Le sabre de Bès
Extrait
Lafayette, Indiana, deux heures du matin.
Poussant son vieux caddie rouillé et bruyant, le clochard avait déjà repéré les poubelles bien garnies de Main Street. Il savait que les restaurants jetaient plus qu’il n’en avait besoin et qu’il devait se dépêcher à cause de la chaleur qui régnait dans la ruelle étroite. L’odeur des cartons de pizzas, des plats italiens cuisinés et balancés à même la poubelle commençait à lui titiller les narines. D’une main tremblante par l’excitation et la faim, il retourna le contenu et prit ce dont il avait le plus envie. Pour lui, c’était la fête. Il se servait allégrement et remplissait son caddie de petites choses toutes aussi appétissantes les unes que les autres. L’enseigne lumineuse verte et blanche éclairait sournoisement l’arrière du restaurant, permettant au vagabond d’avoir une vue parfaite.

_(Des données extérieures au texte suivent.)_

//! A number that depends on all numbers and texts that were added to it, and on their order.

use std::ops::Range;

/// A digest.
#[derive(Drop)]
pub struct Digest {
    value: u64,
}

impl Digest {
    /// Returns the digest of nothing.
    pub fn new() -> Self {
        Digest {
            value: 0xcbf2_9ce4_8422_2325,
        }
    }

    /// Returns the number.
    pub fn value(&self) -> u64 {
        self.value
    }

    /// Adds a number.
    pub fn add(&mut self, number: u64) {
        let mixed = (self.value ^ number).wrapping_mul(0x9e37_79b9_7f4a_7c15);
        self.value = mixed ^ (mixed >> 29);
    }

    /// Adds a length or an offset.
    pub fn add_size(&mut self, size: usize) {
        self.add(size as u64);
    }

    /// Adds a range.
    pub fn add_range(&mut self, range: &Range<usize>) {
        self.add_size(range.start);
        self.add_size(range.end);
    }

    /// Adds bytes, eight at a time.
    pub fn add_bytes(&mut self, bytes: &[u8]) {
        self.add_size(bytes.len());
        let whole = bytes.len() / 8;
        for i in 0..whole {
            let mut number = [0; 8];
            number.copy_from_slice(&bytes[8 * i..8 * i + 8]);
            self.add(u64::from_le_bytes(number));
        }
        for byte in &bytes[8 * whole..] {
            self.add(u64::from(*byte));
        }
    }
}
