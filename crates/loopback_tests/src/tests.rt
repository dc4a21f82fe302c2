mod both;
mod loopback;
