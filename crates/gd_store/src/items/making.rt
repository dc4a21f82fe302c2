ghost use Rattle.std.specs.Prelude.{◌≡◌, ◌+◌, ◌<◌, ◌^◌, length, true, Some, IfOk, OnErr};
ghost use Rattle.gd_item.specs.Ids.{item_id};
ghost use Rattle.gd_item.specs.Inventory.{MadeFolder, after};
ghost use Rattle.gd_item.specs.Refusals.{settled_in, settled_path, is_too_long, make_folder_refusal, make_folder_effect};
ghost use Rattle.gd_item.specs.Sound.{IsItemMap};
ghost use Rattle.gd_store.specs.Stands.{record_after};

use super::{Items, is_bad_name, is_refused, made_by};
use crate::edit::push_and_get;
use crate::look::{is_a_folder, is_known};
use gd_item::{Item, ItemId, LiveItem, StoreFault};
use gd_names::{Conflict, NoMemory, Settle, Text};

impl Items {
    ghost use Rattle.gd_store.specs.Stands.{Answers};

    /// Why a folder is not made.
    fn folder_refusal(
        &self,
        parent: u64,
        name: &Text,
        behaviour: Conflict,
        settle: &Settle,
        is_long: bool,
    ) -> Option<StoreFault>
        requires settle { settle.now ≡ settled_in self.now parent name.now behaviour true }
        requires long { is_long ≡ is_too_long (settled_path self.now parent settle.now) }
        ensures { result ≡ make_folder_refusal self.now parent name.now behaviour }
    {
        if !is_known(&self.index, parent) {
            Some(StoreFault::NotFound)
        } else if !is_a_folder(&self.index, parent) {
            Some(StoreFault::NotFolder)
        } else if is_bad_name(name) {
            Some(StoreFault::BadName)
        } else if is_refused(settle) {
            Some(StoreFault::NameTaken)
        } else if is_long {
            Some(StoreFault::PathTooLong)
        } else if self.is_full(made_by(settle), 0, 0) {
            Some(StoreFault::Quota)
        } else {
            None
        }
    }

    /// The name that a folder gets which is made so, or why none is made.
    fn name_of_folder(
        &self,
        parent: u64,
        name: &Text,
        behaviour: Conflict,
    ) -> Result<Text, StoreFault>
        ensures { Answers (make_folder_refusal self.now parent name.now behaviour) result
            (λ free. settled_in self.now parent name.now behaviour true ≡ Settle.Free free) }
    {
        let settle = self.settle(parent, name, behaviour, true)?;
        let is_long = self.would_be_long(parent, &settle)?;
        match self.folder_refusal(parent, name, behaviour, &settle, is_long) {
            Some(fault) => return Err(fault),
            None => {}
        }
        match settle {
            Settle::Free(free) => Ok(free),
            // A folder goes over nothing, and what is refused was told above.
            Settle::Over(_) => unreachable!(),
            Settle::Refuse => unreachable!(),
        }
    }

    /// Adds a folder.
    fn add_folder(&mut self, parent: u64, name: Text) -> Result<ItemId, NoMemory>
        requires room { length self.old.items + 1 < 100000 }
        requires number { self.old.number + 1 < 2 ^ 64 }
        requires map { IsItemMap (after self.old (MadeFolder parent name)) }
        ensures ok { IfOk result (λ id. (id ≡ item_id self.old.next) × (self.new ≡ after self.old (MadeFolder parent name))) }
        ensures err { OnErr result (self.new ≡ self.old) }
    {
        let item = LiveItem {
            number: self.last + 1,
            parent,
            name,
            bytes: None,
            change: self.number + 1,
            content: 0,
        };
        self.index.push(item)?;
        self.number += 1;
        self.last += 1;
        Ok(ItemId(self.last))
    }

    /// A folder that is made, or why it is not.
    pub fn make(
        &mut self,
        parent: u64,
        name: &Text,
        behaviour: Conflict,
    ) -> Result<ItemId, StoreFault>
        ensures answer { Answers (make_folder_refusal self.old parent name.now behaviour) result
            (λ id. (id ≡ item_id self.old.next) × (self.new ≡ after self.old (make_folder_effect self.old parent name.now behaviour))) }
        ensures kept { OnErr result (self.new ≡ self.old) }
    {
        // What always holds of a store is used below.
        let _ = &self.index;
        let free = self.name_of_folder(parent, name, behaviour)?;
        let id = self.add_folder(parent, free)?;
        Ok(id)
    }

    /// Adds a folder, and gives its record with the path of the folder above.
    fn add_folder_and_get(&mut self, parent: u64, name: Text) -> Result<Item, NoMemory>
        requires room { length self.old.items + 1 < 100000 }
        requires number { self.old.number + 1 < 2 ^ 64 }
        requires map { IsItemMap (after self.old (MadeFolder parent name)) }
        ensures ok { IfOk result (λ made. (record_after self.old (MadeFolder parent name) ≡ Some made) × (self.new ≡ after self.old (MadeFolder parent name))) }
        ensures err { OnErr result (self.new ≡ self.old) }
    {
        let item = LiveItem {
            number: self.last + 1,
            parent,
            name,
            bytes: None,
            change: self.number + 1,
            content: 0,
        };
        let made = push_and_get(self.alloc, &mut self.index, item)?;
        self.number += 1;
        self.last += 1;
        Ok(made)
    }

    /// The record of a folder that is made, or why it is not.
    pub fn make_and_get(
        &mut self,
        parent: u64,
        name: &Text,
        behaviour: Conflict,
    ) -> Result<Item, StoreFault>
        ensures answer { Answers (make_folder_refusal self.old parent name.now behaviour) result
            (λ item. (record_after self.old (make_folder_effect self.old parent name.now behaviour) ≡ Some item)
            × (self.new ≡ after self.old (make_folder_effect self.old parent name.now behaviour))) }
        ensures kept { OnErr result (self.new ≡ self.old) }
    {
        // What always holds of a store is used below.
        let _ = &self.index;
        let free = self.name_of_folder(parent, name, behaviour)?;
        let made = self.add_folder_and_get(parent, free)?;
        Ok(made)
    }
}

Au bout de quelques minutes, il fut distrait par une ombre furtive qu’il aperçut sur le mur devant lui. Effrayé, l’homme se retourna d’un trait et scruta l’endroit, la respiration haletante. Il n’y avait personne. Le temps de reprendre un souffle normal, il poussa un soupir de soulagement et reprit ses activités, choisissant toutefois de ne pas traîner. L’ombre réapparut mais demeura sur place. Le clochard virevolta sur lui-même pour voir qui était derrière lui mais la ruelle demeurait étrangement déserte.
La peur primant sur la faim, le mendiant fit face aux poubelles pour saisir son caddie et s’enfuir mais l’ombre était encore là. Elle se déplaçait insidieusement dans le mur lui-même. Enfin, une forme se dessina distinctement, sortant de la pierre comme le prédateur émergeant de sa tanière. La silhouette d’une femme légèrement vêtue d’une tunique blanc nacré lui fit face. Le clochard fut d’abord paralysé par un effroi sans nom puis bientôt, ses membres se raidirent douloureusement. Il ne pouvait plus parler ni bouger. Son corps fut projeté au sol, faisant craquer ses os au contact du bitume.